Over the next several weeks I want to pass along a couple of tools that are indispensable in resolving issues in healthy ways. As a matter of fact, these two tools go “hand-in-glove” when it comes to fighting fair in our relationships.
This week, let’s begin looking at the first tool . . .I call it our Communication Pliers. Just like there are two sides to a pair of pliers, there are two sides which make up our communication: The verbal side & the non-verbal side. We can find these two sides mentioned in Ephesians 4:29 and James 1:19.
Let’s start with the verbal side of our communication and consider Paul’s advice in Ephesians 4:29, “Do not let any unwholesome talk come out of your mouths but only what is helpful for building others up according to their needs, that it may benefit those who listen.” NIV The verbal side of our communication has two sides as well, unwholesome and wholesome. Paul begins with the unwholesome side as he uses the word for “unwholesome,” Sapros. The word picture here is “to putrefy” and means to be rotten or worthless. Rotten, worthless words are words that hurt, words that wound, words that bite. “Unwholesome words” are words that are used as weapons on others. Next, Paul transitions to wholesome words by saying, “. . . but only what is helpful for building others up according to their needs, that it may benefit those who listen.”

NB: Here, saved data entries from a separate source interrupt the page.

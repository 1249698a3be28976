//! Where two lists of events part.

ghost use Rattle.tocmark_compare.specs.Given.{given_events};
ghost use Rattle.tocmark_differences.specs.First.{PartAt};

use crate::compare::Placed;
use tocmark_compare::event::same_event;

/// After how many events two lists part. `None`: they have the same events. It takes no memory.
pub fn parting(old: &[Placed], new: &[Placed]) -> Option<usize>
    ensures { PartAt result (given_events old.now) (given_events new.now) }
{
    let count = old.len().min(new.len());
    for i in 0..count {
        if !same_event(&old[i].0, &new[i].0) {
            return Some(i);
        }
    }
    if old.len() == new.len() {
        None
    } else {
        Some(count)
    }
}
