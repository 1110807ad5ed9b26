// The declared types of upkeep, and no code. What each means is defined in specs/.
#![tactic(auto)]

pub mod upkeep;
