use model::command::Command;

// What upkeep says: refused; nothing to do; stuck at a page whose note or record it cannot renew; or a call to make.
#[derive(Clone, Copy)]
pub enum Upkeep {
    Refused(u32),
    Idle,
    Stuck(u32),
    Make(Command),
}

// The same with the bytes of a change that is to be made; zeros beside anything else.
#[derive(Clone, Copy)]
pub struct Advised {
    pub upkeep: Upkeep,
    pub payload: [u8; 44],
}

If we are going to learn to “fight fair” we must learn to use words that are “helpful,” “building,” and words that “benefit those who listen,” or wholesome words.
What do wholesome words look like? Glad you asked. . .
1. Wholesome words are Truthful words. Proverbs 12:22 – “The Lord detests lying lips, but he delights in men who are truthful.” NIV
2. Wholesome words are Life giving words. Proverbs 18:21 – “The tongue has the power of life and death, and those who love it will eat its fruit.” NIV
3. Wholesome words are Encouraging words. 1 Thessalonians 5:11 — “Therefore encourage one another and build each other up . . . .” NIV
4. Wholesome words are Investing words. Proverbs 12:14 – “From the fruit of his lips a man is filled with good things as surely as the work of his hands rewards him.” NIV
5. Wholesome words are Loving words. 1 Corinthians 13:1 – “If I speak in the tongues of men and of angels, but have not love, I am only a resounding gong or a clanging cymbal.” NIV
How would you describe your communication with your spouse, friend, relative, or co-worker during this past week? Wholesome or Unwholesome
If you used unwholesome words, how could you edit your last conversation with your spouse, friend, relative, or co-worker to transition your words from being unwholesome to wholesome?